Working through the lines below, return each one that holds "some".
### RAW DATA
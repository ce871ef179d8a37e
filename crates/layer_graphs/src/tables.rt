// Numbers of symbols.
use plan_tools::Table;

/// The greatest of the numbers of some symbols; 0 where there are none.
pub fn highest(numbers: &Table<u32>, symbols: &[u32]) -> u32 {
    let mut most = 0;
    for symbol in symbols {
        most = numbers.get(*symbol).max(most);
    }
    most
}

/// Each of some symbols once more.
pub fn count(numbers: &mut Table<u32>, symbols: &[u32]) {
    for symbol in symbols {
        numbers.set(*symbol, numbers.get(*symbol).saturating_add(1));
    }
}

/// The numbers of some symbols are this one at least.
pub fn raise(numbers: &mut Table<u32>, symbols: &[u32], number: u32) {
    for symbol in symbols {
        numbers.set(*symbol, numbers.get(*symbol).max(number));
    }
}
######
▸ TASK ANSWER:
/// The greatest of the numbers of some symbols; 0 where there are none.
/// Each of some symbols once more.
/// The numbers of some symbols are this one at least.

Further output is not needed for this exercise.